[Collected data]

• • •

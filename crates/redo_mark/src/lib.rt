//! The redo log: records of changes, how far they are durable, and the device on which they stand.
//!
//! A record is made of a change (`Draft::of`), gets its place at the log's end (`Redo::append`), and is durable once a device's
//! sync has succeeded behind its write (`Redo::cover`). The crate knows page ids, and nothing of pages, pools or histories.
//!
//! The layers above use one contract of it: a record stands where `append` says, in a log that only grows (`Holds`, `IsLater`),
//! and a `Covered`, which `cover` alone makes, is a durable mark: the device keeps every byte of that log below it.
#![tactic(auto)]

pub mod calls;
pub mod device;
pub mod log;
pub mod memory;
pub mod reading;
pub mod record;
pub mod redo;

pub use calls::Calls;
pub use device::RedoDisk;
pub use log::Log;
pub use memory::RedoMemory;
pub use reading::{ChangeErr, read_change, records_are_whole};
pub use record::{Change, ChangeKind, Draft, Span};
pub use redo::{CoverErr, Covered, LogSpent, Redo, RedoEnd};
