impl Pass {
    /// A pass that did nothing yet.
    pub fn new(alloc: Global, pass: u32) -> Pass
        ensures { working result ≡ record { pass = pass; next = 1; fixed = []; account = [] } }
    {
        Pass {
            pass,
            next: 1,
            fixed: Vec::new(alloc),
            account: Vec::new(alloc),
        }
    }

    /// The receipts that it left, the oldest first.
    pub fn into_account(self) -> Vec<Receipt>
        ensures { reverse result.items ≡ (working self).account }
    {
        let Pass {
            pass: _,
            next: _,
            fixed: _,
            account,
        } = self;
        account
    }

    /// Fixes a page. A refusal is an answer too.
    pub(crate) fn fix<D: PageDisk, R: RedoDisk>(
        &mut self,
        desk: &mut Desk<D>,
        frames: &mut PlainFrames,
        redo: &mut Redo<R>,
        page: PageId,
        now: u64,
    ) -> Result<(), OutOfMemory>
        requires places { desk.old.state.config.first + length desk.old.state.history + FIX_NEED ≤ LIMIT }
        requires number { self.old.next + 1 < 2 ^ 32 }
        requires ready { IsWorkerReady D.seen desk.old.state frames.old (reverse self.old.fixed.items) }
        requires known { log_end desk.old.state.history ≤ redo.old.seen.end }
        ensures along { OnOk result (Along D.seen 1
            desk.old.state desk.new.state frames.old frames.new redo.old.seen redo.new.seen (working self.old) (working self.new)) }
        ensures done { OnOk result ((o : Opening) (start : Start) (past : List Event)
            → HasPlayed D.seen o start desk.old.state redo.old.seen (working self.old) past []
            → StandsBehind D.seen o start desk.old.state frames.old
            → Does D.seen o start desk.new.state redo.new.seen (working self.new) past (Command.Fix page now)) }
        ensures opening { redo.new.opening ≡ redo.old.opening }
    {
        self.fixed.reserve(1)?;
        let number = self.next;
        let held = self.fixed.len() as u32;
        let by = Caller {
            pass: self.pass,
            number,
        };
        let answer = desk.fix_at(frames, redo, by, held, page, now);
        let granted = grant_in(answer)?;
        self.next = number + 1;
        if let Some(Granted { frame, .. }) = granted {
            self.fixed.push_reserved(Held {
                page,
                frame,
                number,
            });
        }
        Ok(())
    }

    /// Leaves the receipt of a call, at the desk's mark.
    fn note(&mut self, place: u64, note: Note) -> Result<(), OutOfMemory>
        requires number { self.old.next + 1 < 2 ^ 32 }
        ensures noted { OnOk result (working self.new ≡ noted_at place (working self.old) note) }
        ensures fixed { self.new.fixed ≡ self.old.fixed }
    {
        let number = self.next;
        let receipt = Receipt {
            place,
            caller: self.pass,
            number,
            note,
        };
        if self.account.push(receipt).is_err() {
            return Err(OutOfMemory);
        }
        self.next = number + 1;
        Ok(())
    }

    /// Leaves the receipt of a put on a page that it doesn't hold.
    fn note_unheld_put(
        &mut self,
        place: u64,
        page: PageId,
        at: u32,
        bytes: &[u8],
    ) -> Result<(), OutOfMemory>
        requires number { self.old.next + 1 < 2 ^ 32 }
        ensures noted { OnOk result (working self.new
            ≡ noted_at place (working self.old) (Note.Refused (Call.Put page at bytes.now) Cause.Unheld)) }
        ensures fixed { self.new.fixed ≡ self.old.fixed }
    {
        let alloc = *self.account.allocator();
        let bytes = Bytes::of(Vec::from_slice(alloc, bytes)?);
        let call = Call::Put { page, at, bytes };
        let cause = Cause::Unheld;
        self.note(place, Note::Refused { call, cause })
    }

    /// Where the newest fix of the page stands.
    fn newest(&self, page: PageId) -> Option<usize>
        ensures some { IfSome result (λ at. (at < length self.now.fixed.items) × (slice_get self.now.fixed.items at ≡ newest_fix (reverse self.now.fixed.items) page) × IsSome (newest_fix (reverse self.now.fixed.items) page)) }
        ensures none { IfNone result (newest_fix (reverse self.now.fixed.items) page ≡ None) }
    {
        let mut at = self.fixed.len();
        while at > 0 {
            at -= 1;
            let held = self.fixed[at];
            if held.page == page {
                return Some(at);
            }
        }
        None
    }

    /// Reads bytes of a page that it holds.
    pub(crate) fn read<D: PageDisk>(
        &mut self,
        alloc: Global,
        desk: &Desk<D>,
        frames: &mut PlainFrames,
        page: PageId,
        at: u32,
        len: u32,
    ) -> Result<(), OutOfMemory>
        requires places { desk.now.state.config.first + length desk.now.state.history < 2 ^ 64 }
        requires number { self.old.next + 1 < 2 ^ 32 }
        requires ready { IsWorkerReady D.seen desk.now.state frames.old (reverse self.old.fixed.items) }
        requires range { IsInRange desk.now.state.config.page (Command.Read page at len) }
        ensures along { OnOk result ((log : Seen) → Along D.seen 1
            desk.now.state desk.now.state frames.old frames.new log log (working self.old) (working self.new)) }
        ensures done { OnOk result ((o : Opening) (start : Start) (log : Seen) (past : List Event)
            → HasPlayed D.seen o start desk.now.state log (working self.old) past []
            → StandsBehind D.seen o start desk.now.state frames.old
            → Does D.seen o start desk.now.state log (working self.new) past (Command.Read page at len)) }
    {
        let place = desk.mark();
        let Some(newest) = self.newest(page) else {
            let call = Call::Read { page, at, len };
            let cause = Cause::Unheld;
            return self.note(place, Note::Refused { call, cause });
        };
        let held = self.fixed[newest];
        let Ok((bytes, clock)) = copied(alloc, frames, held.frame, at, len) else {
            return Err(OutOfMemory);
        };
        self.note(
            place,
            Note::Copied {
                page,
                at,
                bytes,
                clock,
            },
        )
    }

    /// Gives back the newest fix of a page.
    pub(crate) fn unfix<D: PageDisk>(
        &mut self,
        desk: &Desk<D>,
        frames: &mut PlainFrames,
        page: PageId,
    ) -> Result<(), OutOfMemory>
        requires places { desk.now.state.config.first + length desk.now.state.history < 2 ^ 64 }
        requires number { self.old.next + 1 < 2 ^ 32 }
        requires ready { IsWorkerReady D.seen desk.now.state frames.old (reverse self.old.fixed.items) }
        ensures along { OnOk result ((log : Seen) → Along D.seen 1
            desk.now.state desk.now.state frames.old frames.new log log (working self.old) (working self.new)) }
        ensures done { OnOk result ((o : Opening) (start : Start) (log : Seen) (past : List Event)
            → HasPlayed D.seen o start desk.now.state log (working self.old) past []
            → StandsBehind D.seen o start desk.now.state frames.old
            → Does D.seen o start desk.now.state log (working self.new) past (Command.Unfix page)) }
    {
        let place = desk.mark();
        let Some(at) = self.newest(page) else {
            let call = Call::Unfix { page };
            let cause = Cause::Unheld;
            return self.note(place, Note::Refused { call, cause });
        };
        let held = self.fixed[at];
        let frame = held.frame;
        let fix = held.number;
        if self
            .note(place, Note::Unfixed { page, frame, fix })
            .is_err()
        {
            return Err(OutOfMemory);
        }
        let_go(frames, held.frame);
        let _held = self.fixed.remove(at);
        Ok(())
    }

    /// Changes bytes of a page that it holds. A refusal is an answer too.
    pub(crate) fn put<D: PageDisk, R: RedoDisk>(
        &mut self,
        desk: &mut Desk<D>,
        frames: &mut PlainFrames,
        redo: &mut Redo<R>,
        page: PageId,
        at: u32,
        bytes: &[u8],
    ) -> Result<(), OutOfMemory>
        requires places { desk.old.state.config.first + length desk.old.state.history + ANSWER_NEED ≤ LIMIT }
        requires number { self.old.next + 1 < 2 ^ 32 }
        requires ready { IsWorkerReady D.seen desk.old.state frames.old (reverse self.old.fixed.items) }
        requires range { IsInRange desk.old.state.config.page (Command.Put page at bytes.now) }
        requires known { log_end desk.old.state.history ≤ redo.old.seen.end }
        ensures along { OnOk result (Along D.seen 1
            desk.old.state desk.new.state frames.old frames.new redo.old.seen redo.new.seen (working self.old) (working self.new)) }
        ensures done { OnOk result ((o : Opening) (start : Start) (past : List Event)
            → HasPlayed D.seen o start desk.old.state redo.old.seen (working self.old) past []
            → Does D.seen o start desk.new.state redo.new.seen (working self.new) past
            (Command.Put page at bytes.now)) }
        ensures opening { redo.new.opening ≡ redo.old.opening }
    {
        let number = self.next;
        if self.newest(page).is_none() {
            return self.note_unheld_put(desk.mark(), page, at, bytes);
        }
        let by = Caller {
            pass: self.pass,
            number,
        };
        match desk.put_at(frames, redo, by, page, at, bytes) {
            Ok(_) => {
                self.next = number + 1;
                Ok(())
            }
            Err(PutErr::OutOfMemory) => Err(OutOfMemory),
            Err(PutErr::LogSpent { .. }) => {
                self.next = number + 1;
                Ok(())
            }
        }
    }

    /// Writes dirty pages, the oldest first, at most so many. A refusal is an answer too.
    pub(crate) fn clean<D: PageDisk, R: RedoDisk>(
        &mut self,
        desk: &mut Desk<D>,
        frames: &mut PlainFrames,
        redo: &mut Redo<R>,
        bound: u32,
    ) -> Result<(), OutOfMemory>
        requires places { desk.old.state.config.first + 2 * length desk.old.state.history + 16385 ≤ LIMIT }
        requires number { self.old.next + 1 < 2 ^ 32 }
        requires ready { IsWorkerReady D.seen desk.old.state frames.old (reverse self.old.fixed.items) }
        requires range { IsInRange desk.old.state.config.page (Command.Clean bound) }
        requires known { log_end desk.old.state.history ≤ redo.old.seen.end }
        ensures along { OnOk result (Along D.seen 1
            desk.old.state desk.new.state frames.old frames.new redo.old.seen redo.new.seen (working self.old) (working self.new)) }
        ensures done { OnOk result ((o : Opening) (start : Start) (past : List Event)
            → HasPlayed D.seen o start desk.old.state redo.old.seen (working self.old) past []
            → Does D.seen o start desk.new.state redo.new.seen (working self.new) past (Command.Clean bound)) }
        ensures opening { redo.new.opening ≡ redo.old.opening }
    {
        dirty_pages_are_few();
        dirty_pages_are_apart();
        let number = self.next;
        let by = Caller {
            pass: self.pass,
            number,
        };
        match desk.clean_at(frames, redo, by, bound, false) {
            Ok(_) => {
                self.next = number + 1;
                Ok(())
            }
            Err(CleanErr::OutOfMemory) => Err(OutOfMemory),
            Err(CleanErr::RedoFault { .. }) => {
                self.next = number + 1;
                Ok(())
            }
            Err(CleanErr::DiskFault { .. }) => {
                self.next = number + 1;
                Ok(())
            }
        }
    }

    /// Asks from where a redo would have to begin.
    pub(crate) fn checkpoint<D: PageDisk, R: RedoDisk>(
        &mut self,
        desk: &mut Desk<D>,
        redo: &Redo<R>,
    ) -> Result<(), OutOfMemory>
        requires places { desk.old.state.config.first + length desk.old.state.history + ANSWER_NEED ≤ LIMIT }
        requires number { self.old.next + 1 < 2 ^ 32 }
        requires known { log_end desk.old.state.history ≤ redo.now.seen.end }
        ensures along { OnOk result ((frames : Plain) → Along D.seen 1
            desk.old.state desk.new.state frames frames redo.now.seen redo.now.seen (working self.old) (working self.new)) }
        ensures done { OnOk result ((o : Opening) (start : Start) (past : List Event)
            → HasPlayed D.seen o start desk.old.state redo.now.seen (working self.old) past []
            → Does D.seen o start desk.new.state redo.now.seen (working self.new) past Command.Checkpoint) }
    {
        let number = self.next;
        let by = Caller {
            pass: self.pass,
            number,
        };
        match desk.check_at(redo, by) {
            Ok(_) => {
                self.next = number + 1;
                Ok(())
            }
            Err(CallErr::OutOfMemory) => Err(OutOfMemory),
        }
    }

    /// Gives back the newest of its fixes.
    pub(crate) fn give_back<D: PageDisk>(
        &mut self,
        desk: &Desk<D>,
        frames: &mut PlainFrames,
    ) -> Result<(), OutOfMemory>
        requires places { desk.now.state.config.first + length desk.now.state.history < 2 ^ 64 }
        requires number { self.old.next + 1 < 2 ^ 32 }
        requires some { 0 < length self.old.fixed.items }
        requires ready { IsWorkerReady D.seen desk.now.state frames.old (reverse self.old.fixed.items) }
        ensures ready { OnOk result (IsWorkerReady D.seen desk.now.state frames.new (reverse self.new.fixed.items)) }
        ensures behind { OnOk result ((o : Opened) → IsBehindIt D.seen o desk.now.state frames.old
            → IsBehindIt D.seen o desk.now.state frames.new) }
        ensures fewer { OnOk result (length self.new.fixed.items + 1 ≡ length self.old.fixed.items) }
        ensures next { OnOk result (self.new.next ≡ self.old.next + 1) }
        ensures pass { OnOk result (self.new.pass ≡ self.old.pass) }
        ensures done { OnOk result ((o : Opening) (start : Start) (log : Seen) (past : List Event) (commands : List Command)
            → Ending D.seen o start desk.now.state log (working self.old) past commands
            → Ending D.seen o start desk.now.state log (working self.new) past commands) }
    {
        let place = desk.mark();
        let Some(held) = self.fixed.pop() else {
            unreachable!()
        };
        let page = held.page;
        let frame = held.frame;
        let fix = held.number;
        self.note(place, Note::Unfixed { page, frame, fix })?;
        let_go(frames, frame);
        Ok(())
    }
}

• • •

## Task instructions
Wherever a line in the records contains the word "nothing", copy that line.

## Your solution
//! sync has succeeded behind its write (`Redo::cover`). The crate knows page ids, and nothing of pages, pools or histories.
    /// A pass that did nothing yet.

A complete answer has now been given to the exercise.